▶ _Assignment_
What lines in the listing include "ensures"? Return a copy of each.

▶ _Data for the task_
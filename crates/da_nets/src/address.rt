// Addresses.

ghost use Rattle.std.specs.Prelude.{◌≡◌, ◌*◌, ◌^◌, ◌<◌, ◌≤◌, IfSome, option_map, option_and_then};
ghost use Rattle.da_nets.specs.Addresses.{around_run, groups, ip4, ip6, address, width};
ghost use Rattle.da_nets.specs.declared.parts.Form.TheVariants.{Grouped};
ghost use Rattle.da_nets.specs.Forms.{few, joined, some_v4, some_v6};

use crate::parts::{Form, Parts, read_parts};

/// An address, as the number that its bits are, the first bit the highest.
#[derive(Clone, Copy, Debug, Drop, PartialEq, Eq)]
pub enum Ip {
    V4(u32),
    V6(u128),
}

fn read_v4(text: &[u8]) -> Option<u32>
    ensures { some_v4 result ≡ ip4 text.now }
{
    let parts = read_parts(Form::Dotted, text)?;
    if parts.count == 4 {
        Some(parts.value as u32)
    } else {
        None
    }
}

/// What stands before and after the first two colons in a row.
fn around_run(text: &[u8]) -> Option<(&[u8], &[u8])>
    ensures { option_map (λ parts. (parts.0.now, parts.1.now)) result ≡ around_run text.now }
{
    for at in 1..text.len() {
        if text[at - 1] == b':' && text[at] == b':' {
            return Some((&text[..at - 1], &text[at + 1..]));
        }
    }
    None
}

fn read_groups(text: &[u8]) -> Option<Parts>
    ensures value { result ≡ option_and_then (few Grouped) (groups text.now) }
    ensures small { IfSome result (λ parts. parts.value < 65536 ^ parts.count) }
    ensures count { IfSome result (λ parts. parts.count ≤ 8) }
{
    if text.is_empty() {
        return Some(Parts { value: 0, count: 0 });
    }
    read_parts(Form::Grouped, text)
}

/// The value with groups of zero behind it.
fn followed_by_zeros(value: u128, groups: u32) -> u128
    requires { value * 65536 ^ groups < 2 ^ 128 }
    ensures { result ≡ value * 65536 ^ groups }
{
    let mut longer = value;
    for _added in 0..groups {
        longer *= 65536;
    }
    longer
}

fn with_run(front: Parts, back: Parts) -> Option<u128>
    requires front { front.value < 65536 ^ front.count }
    requires back { back.value < 65536 ^ back.count }
    requires front_count { front.count ≤ 8 }
    requires back_count { back.count ≤ 8 }
    ensures { result ≡ joined front back }
{
    if front.count + back.count > 7 {
        return None;
    }
    Some(followed_by_zeros(front.value, 8 - front.count) + back.value)
}

fn read_v6(text: &[u8]) -> Option<u128>
    ensures { some_v6 result ≡ ip6 text.now }
{
    match around_run(text) {
        None => {
            let groups = read_groups(text)?;
            if groups.count == 8 {
                Some(groups.value)
            } else {
                None
            }
        }
        Some((front, back)) => {
            let front = read_groups(front)?;
            let back = read_groups(back)?;
            with_run(front, back)
        }
    }
}

impl Ip {
    /// The address that the text spells: four numbers with dots between them, or eight groups of hexadecimal digits with
    /// colons between them, where `::` may stand for one run of zero groups (RFC 4291, section 2.2). A dotted tail and a
    /// zone aren't read. `None` exactly where the text spells no address.
    pub fn read(text: &[u8]) -> Option<Ip>
        ensures { result ≡ address text.now }
    {
        if text.contains(&b':') {
            Some(Ip::V6(read_v6(text)?))
        } else {
            Some(Ip::V4(read_v4(text)?))
        }
    }

    /// How many bits the address has: 32 or 128.
    pub(crate) fn width(&self) -> u32
        ensures { result ≡ width self.now }
    {
        match self {
            Ip::V4(_) => 32,
            Ip::V6(_) => 128,
        }
    }
}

▶ _Response_
    ensures { some_v4 result ≡ ip4 text.now }
    ensures { option_map (λ parts. (parts.0.now, parts.1.now)) result ≡ around_run text.now }
    ensures value { result ≡ option_and_then (few Grouped) (groups text.now) }
    ensures small { IfSome result (λ parts. parts.value < 65536 ^ parts.count) }
    ensures count { IfSome result (λ parts. parts.count ≤ 8) }
    ensures { result ≡ value * 65536 ^ groups }
    ensures { result ≡ joined front back }
    ensures { some_v6 result ≡ ip6 text.now }
        ensures { result ≡ address text.now }
        ensures { result ≡ width self.now }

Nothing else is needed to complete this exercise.